Exercise brief → Your answer should be only the lines below from the one with "params (param_list list.now))" to the one with "pub fn copy_init(alloc: Global, init: &Init)", repeated exactly, ends included.

(Stored data entries)
BEGIN

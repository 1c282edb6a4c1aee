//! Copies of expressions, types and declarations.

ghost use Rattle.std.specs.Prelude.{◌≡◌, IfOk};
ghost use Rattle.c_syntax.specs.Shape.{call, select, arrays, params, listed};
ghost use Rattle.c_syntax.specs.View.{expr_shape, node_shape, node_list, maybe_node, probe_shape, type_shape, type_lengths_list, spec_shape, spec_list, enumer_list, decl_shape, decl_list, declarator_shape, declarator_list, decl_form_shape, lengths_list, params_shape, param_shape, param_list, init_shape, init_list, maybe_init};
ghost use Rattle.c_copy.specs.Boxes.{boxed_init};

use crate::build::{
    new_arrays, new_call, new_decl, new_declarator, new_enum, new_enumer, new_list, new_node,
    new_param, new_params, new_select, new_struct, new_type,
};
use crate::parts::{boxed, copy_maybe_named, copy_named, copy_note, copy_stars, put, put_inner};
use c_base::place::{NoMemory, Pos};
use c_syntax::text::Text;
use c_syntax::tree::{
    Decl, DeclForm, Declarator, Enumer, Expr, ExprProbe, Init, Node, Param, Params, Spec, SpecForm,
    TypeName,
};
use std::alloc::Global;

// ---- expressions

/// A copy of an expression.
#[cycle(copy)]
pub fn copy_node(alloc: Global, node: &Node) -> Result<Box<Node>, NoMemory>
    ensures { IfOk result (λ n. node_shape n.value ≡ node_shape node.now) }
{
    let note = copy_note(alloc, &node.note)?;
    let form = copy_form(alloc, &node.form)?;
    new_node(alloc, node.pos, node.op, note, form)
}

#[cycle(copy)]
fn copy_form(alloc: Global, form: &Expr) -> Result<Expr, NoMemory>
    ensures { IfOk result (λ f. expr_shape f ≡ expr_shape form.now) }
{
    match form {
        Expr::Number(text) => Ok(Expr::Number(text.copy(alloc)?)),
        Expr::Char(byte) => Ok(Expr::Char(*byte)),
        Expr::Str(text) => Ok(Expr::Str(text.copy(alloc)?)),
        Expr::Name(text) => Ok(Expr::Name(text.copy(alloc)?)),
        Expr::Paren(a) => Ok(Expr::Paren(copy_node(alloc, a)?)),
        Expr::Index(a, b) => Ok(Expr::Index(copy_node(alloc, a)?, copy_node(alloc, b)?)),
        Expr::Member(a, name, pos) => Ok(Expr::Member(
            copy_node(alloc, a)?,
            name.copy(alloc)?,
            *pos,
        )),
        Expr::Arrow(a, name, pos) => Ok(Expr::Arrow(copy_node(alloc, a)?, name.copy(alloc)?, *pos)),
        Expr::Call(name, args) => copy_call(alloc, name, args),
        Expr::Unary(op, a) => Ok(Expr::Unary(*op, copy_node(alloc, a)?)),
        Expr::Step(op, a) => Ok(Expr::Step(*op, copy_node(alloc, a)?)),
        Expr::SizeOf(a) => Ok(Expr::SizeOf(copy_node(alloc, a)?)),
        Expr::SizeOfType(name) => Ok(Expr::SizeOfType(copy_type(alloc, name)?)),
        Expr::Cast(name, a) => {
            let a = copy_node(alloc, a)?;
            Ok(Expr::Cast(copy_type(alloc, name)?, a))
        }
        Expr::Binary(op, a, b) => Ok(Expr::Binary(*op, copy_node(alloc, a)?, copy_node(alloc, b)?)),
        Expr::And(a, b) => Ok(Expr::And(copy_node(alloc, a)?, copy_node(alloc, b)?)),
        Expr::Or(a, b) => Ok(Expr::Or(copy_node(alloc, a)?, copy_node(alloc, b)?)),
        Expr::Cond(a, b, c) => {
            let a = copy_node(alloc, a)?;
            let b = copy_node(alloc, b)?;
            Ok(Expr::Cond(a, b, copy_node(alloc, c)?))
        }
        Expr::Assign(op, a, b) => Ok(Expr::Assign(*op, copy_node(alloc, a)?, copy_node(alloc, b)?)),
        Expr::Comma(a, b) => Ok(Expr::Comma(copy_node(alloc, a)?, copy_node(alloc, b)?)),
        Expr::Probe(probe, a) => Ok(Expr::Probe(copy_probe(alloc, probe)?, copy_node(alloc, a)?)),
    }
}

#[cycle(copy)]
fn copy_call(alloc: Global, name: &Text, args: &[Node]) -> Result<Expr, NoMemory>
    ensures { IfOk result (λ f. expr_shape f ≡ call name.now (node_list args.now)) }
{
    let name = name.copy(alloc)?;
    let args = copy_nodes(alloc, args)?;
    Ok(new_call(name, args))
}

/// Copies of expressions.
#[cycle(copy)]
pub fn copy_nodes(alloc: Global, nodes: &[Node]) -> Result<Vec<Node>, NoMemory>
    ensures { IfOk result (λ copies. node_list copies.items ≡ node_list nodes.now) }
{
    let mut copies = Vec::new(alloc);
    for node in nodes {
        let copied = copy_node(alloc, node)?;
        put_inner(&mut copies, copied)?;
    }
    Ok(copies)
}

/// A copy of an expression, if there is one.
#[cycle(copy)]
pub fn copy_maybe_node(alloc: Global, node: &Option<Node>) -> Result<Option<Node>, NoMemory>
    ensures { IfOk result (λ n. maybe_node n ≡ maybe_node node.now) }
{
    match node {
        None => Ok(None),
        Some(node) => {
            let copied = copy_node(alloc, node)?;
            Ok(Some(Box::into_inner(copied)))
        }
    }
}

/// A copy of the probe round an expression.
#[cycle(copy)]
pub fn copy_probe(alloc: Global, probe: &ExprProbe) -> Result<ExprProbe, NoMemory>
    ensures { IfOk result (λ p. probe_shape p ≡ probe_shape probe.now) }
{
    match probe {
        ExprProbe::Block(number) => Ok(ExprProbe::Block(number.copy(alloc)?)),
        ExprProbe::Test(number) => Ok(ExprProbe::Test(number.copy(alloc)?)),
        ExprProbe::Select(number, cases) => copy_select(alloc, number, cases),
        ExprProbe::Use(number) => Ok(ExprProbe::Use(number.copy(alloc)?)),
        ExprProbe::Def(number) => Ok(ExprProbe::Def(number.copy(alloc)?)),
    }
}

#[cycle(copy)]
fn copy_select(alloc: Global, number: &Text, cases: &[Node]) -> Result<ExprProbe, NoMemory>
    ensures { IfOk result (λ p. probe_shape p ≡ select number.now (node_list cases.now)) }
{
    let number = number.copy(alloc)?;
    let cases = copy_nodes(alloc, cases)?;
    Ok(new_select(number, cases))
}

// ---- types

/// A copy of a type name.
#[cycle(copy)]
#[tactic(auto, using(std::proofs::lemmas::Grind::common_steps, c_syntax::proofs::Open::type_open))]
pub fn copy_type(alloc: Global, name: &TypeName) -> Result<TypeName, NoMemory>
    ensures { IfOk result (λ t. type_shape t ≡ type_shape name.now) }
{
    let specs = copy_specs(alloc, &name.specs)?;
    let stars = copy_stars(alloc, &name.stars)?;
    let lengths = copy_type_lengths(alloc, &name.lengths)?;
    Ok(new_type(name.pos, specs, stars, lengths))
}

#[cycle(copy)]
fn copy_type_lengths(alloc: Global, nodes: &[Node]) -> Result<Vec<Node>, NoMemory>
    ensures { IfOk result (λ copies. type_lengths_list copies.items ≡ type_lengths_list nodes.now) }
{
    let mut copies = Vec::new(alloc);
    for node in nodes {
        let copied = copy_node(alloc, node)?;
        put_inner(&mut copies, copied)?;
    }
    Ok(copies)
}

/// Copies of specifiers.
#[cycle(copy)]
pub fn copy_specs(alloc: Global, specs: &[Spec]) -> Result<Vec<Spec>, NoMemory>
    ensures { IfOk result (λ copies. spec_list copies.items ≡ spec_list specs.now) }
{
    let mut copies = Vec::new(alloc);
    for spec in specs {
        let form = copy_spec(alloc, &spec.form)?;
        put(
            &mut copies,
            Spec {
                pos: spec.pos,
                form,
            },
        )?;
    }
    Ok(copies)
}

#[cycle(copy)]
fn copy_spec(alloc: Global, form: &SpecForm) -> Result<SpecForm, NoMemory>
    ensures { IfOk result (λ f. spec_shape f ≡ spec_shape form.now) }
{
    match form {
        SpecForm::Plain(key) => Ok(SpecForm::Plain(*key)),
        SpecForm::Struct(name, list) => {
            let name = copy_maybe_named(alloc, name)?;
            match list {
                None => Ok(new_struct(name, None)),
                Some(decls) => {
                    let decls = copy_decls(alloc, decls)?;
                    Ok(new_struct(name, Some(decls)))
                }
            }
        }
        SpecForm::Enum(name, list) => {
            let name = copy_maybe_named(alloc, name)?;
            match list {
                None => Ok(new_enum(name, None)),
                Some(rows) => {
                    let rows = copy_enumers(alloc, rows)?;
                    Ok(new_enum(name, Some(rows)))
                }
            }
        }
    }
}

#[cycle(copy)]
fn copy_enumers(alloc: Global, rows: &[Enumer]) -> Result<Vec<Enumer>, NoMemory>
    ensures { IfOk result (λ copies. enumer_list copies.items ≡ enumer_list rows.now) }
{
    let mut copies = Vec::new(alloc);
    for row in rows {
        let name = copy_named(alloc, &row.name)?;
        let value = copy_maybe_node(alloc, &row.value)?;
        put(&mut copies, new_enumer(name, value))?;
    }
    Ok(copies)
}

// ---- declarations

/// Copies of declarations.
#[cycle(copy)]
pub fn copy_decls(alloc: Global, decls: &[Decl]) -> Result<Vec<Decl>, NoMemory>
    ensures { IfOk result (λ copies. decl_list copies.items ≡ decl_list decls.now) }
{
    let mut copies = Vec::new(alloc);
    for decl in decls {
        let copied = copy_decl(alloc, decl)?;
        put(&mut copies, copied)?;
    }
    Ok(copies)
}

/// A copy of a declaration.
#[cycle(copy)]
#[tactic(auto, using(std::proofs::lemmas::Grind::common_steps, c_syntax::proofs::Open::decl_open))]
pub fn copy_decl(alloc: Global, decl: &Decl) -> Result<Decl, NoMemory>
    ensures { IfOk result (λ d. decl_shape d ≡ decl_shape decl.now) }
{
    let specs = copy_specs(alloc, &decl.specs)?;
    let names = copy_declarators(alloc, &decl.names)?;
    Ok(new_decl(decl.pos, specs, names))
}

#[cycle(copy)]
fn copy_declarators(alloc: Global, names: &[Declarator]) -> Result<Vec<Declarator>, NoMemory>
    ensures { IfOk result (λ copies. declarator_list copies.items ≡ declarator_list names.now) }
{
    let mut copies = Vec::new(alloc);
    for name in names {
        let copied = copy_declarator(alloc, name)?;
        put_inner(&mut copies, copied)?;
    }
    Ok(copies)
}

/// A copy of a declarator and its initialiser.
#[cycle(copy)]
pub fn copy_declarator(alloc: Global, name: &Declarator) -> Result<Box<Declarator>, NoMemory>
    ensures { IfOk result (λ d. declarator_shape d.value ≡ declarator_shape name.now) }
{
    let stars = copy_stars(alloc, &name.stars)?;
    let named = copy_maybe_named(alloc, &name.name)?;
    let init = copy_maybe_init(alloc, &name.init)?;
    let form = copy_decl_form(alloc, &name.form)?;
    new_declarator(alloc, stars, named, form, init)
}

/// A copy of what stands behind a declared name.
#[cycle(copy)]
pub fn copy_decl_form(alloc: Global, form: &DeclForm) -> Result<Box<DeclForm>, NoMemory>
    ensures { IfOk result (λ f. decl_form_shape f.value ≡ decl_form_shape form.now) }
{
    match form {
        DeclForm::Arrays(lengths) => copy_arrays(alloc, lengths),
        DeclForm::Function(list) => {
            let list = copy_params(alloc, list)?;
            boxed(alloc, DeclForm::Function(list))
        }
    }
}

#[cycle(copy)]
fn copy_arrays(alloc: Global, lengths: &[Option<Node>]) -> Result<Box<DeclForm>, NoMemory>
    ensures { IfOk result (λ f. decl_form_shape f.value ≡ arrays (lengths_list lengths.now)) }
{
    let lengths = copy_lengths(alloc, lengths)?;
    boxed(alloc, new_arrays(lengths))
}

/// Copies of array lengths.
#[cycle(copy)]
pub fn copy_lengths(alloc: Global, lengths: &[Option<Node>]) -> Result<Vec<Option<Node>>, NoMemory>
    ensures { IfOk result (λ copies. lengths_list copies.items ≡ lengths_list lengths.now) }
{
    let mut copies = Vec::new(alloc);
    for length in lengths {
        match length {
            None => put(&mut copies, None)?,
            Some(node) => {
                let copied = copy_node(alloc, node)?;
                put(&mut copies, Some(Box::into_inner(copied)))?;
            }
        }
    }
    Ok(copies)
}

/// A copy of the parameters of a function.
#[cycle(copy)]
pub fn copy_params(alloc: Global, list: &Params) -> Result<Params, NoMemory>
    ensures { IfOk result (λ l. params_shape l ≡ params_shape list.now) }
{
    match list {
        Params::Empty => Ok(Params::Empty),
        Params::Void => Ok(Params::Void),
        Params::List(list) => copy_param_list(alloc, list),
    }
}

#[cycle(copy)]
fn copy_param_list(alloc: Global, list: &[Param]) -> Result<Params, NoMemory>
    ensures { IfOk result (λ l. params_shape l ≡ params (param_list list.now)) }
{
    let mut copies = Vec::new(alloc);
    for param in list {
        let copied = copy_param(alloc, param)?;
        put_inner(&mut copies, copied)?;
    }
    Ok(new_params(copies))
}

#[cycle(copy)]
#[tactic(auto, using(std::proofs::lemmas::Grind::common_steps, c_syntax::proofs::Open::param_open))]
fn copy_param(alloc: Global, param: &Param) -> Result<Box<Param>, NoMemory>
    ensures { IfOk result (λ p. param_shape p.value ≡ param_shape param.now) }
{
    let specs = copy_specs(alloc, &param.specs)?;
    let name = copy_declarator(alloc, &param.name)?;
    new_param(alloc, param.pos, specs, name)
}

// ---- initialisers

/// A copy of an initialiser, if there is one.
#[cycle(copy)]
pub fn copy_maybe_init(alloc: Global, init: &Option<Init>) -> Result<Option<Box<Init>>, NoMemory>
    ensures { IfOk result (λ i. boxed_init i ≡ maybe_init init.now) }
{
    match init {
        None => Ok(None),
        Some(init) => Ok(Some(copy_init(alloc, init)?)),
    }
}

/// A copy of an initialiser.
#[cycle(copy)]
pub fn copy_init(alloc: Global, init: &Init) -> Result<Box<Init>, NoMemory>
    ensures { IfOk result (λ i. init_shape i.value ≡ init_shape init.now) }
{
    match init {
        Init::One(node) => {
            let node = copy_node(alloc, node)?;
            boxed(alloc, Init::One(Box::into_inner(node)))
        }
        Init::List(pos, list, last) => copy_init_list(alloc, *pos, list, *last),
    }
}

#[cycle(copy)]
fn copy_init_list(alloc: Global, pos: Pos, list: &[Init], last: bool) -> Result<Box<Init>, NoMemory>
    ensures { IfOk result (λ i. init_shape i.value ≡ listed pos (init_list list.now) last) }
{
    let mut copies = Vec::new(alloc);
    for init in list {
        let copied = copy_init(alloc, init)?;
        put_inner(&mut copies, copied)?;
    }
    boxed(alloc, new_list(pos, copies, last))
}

END

Written response →
    ensures { IfOk result (λ l. params_shape l ≡ params (param_list list.now)) }
{
    let mut copies = Vec::new(alloc);
    for param in list {
        let copied = copy_param(alloc, param)?;
        put_inner(&mut copies, copied)?;
    }
    Ok(new_params(copies))
}

#[cycle(copy)]
#[tactic(auto, using(std::proofs::lemmas::Grind::common_steps, c_syntax::proofs::Open::param_open))]
fn copy_param(alloc: Global, param: &Param) -> Result<Box<Param>, NoMemory>
    ensures { IfOk result (λ p. param_shape p.value ≡ param_shape param.now) }
{
    let specs = copy_specs(alloc, &param.specs)?;
    let name = copy_declarator(alloc, &param.name)?;
    new_param(alloc, param.pos, specs, name)
}

// ---- initialisers

/// A copy of an initialiser, if there is one.
#[cycle(copy)]
pub fn copy_maybe_init(alloc: Global, init: &Option<Init>) -> Result<Option<Box<Init>>, NoMemory>
    ensures { IfOk result (λ i. boxed_init i ≡ maybe_init init.now) }
{
    match init {
        None => Ok(None),
        Some(init) => Ok(Some(copy_init(alloc, init)?)),
    }
}

/// A copy of an initialiser.
#[cycle(copy)]
pub fn copy_init(alloc: Global, init: &Init) -> Result<Box<Init>, NoMemory>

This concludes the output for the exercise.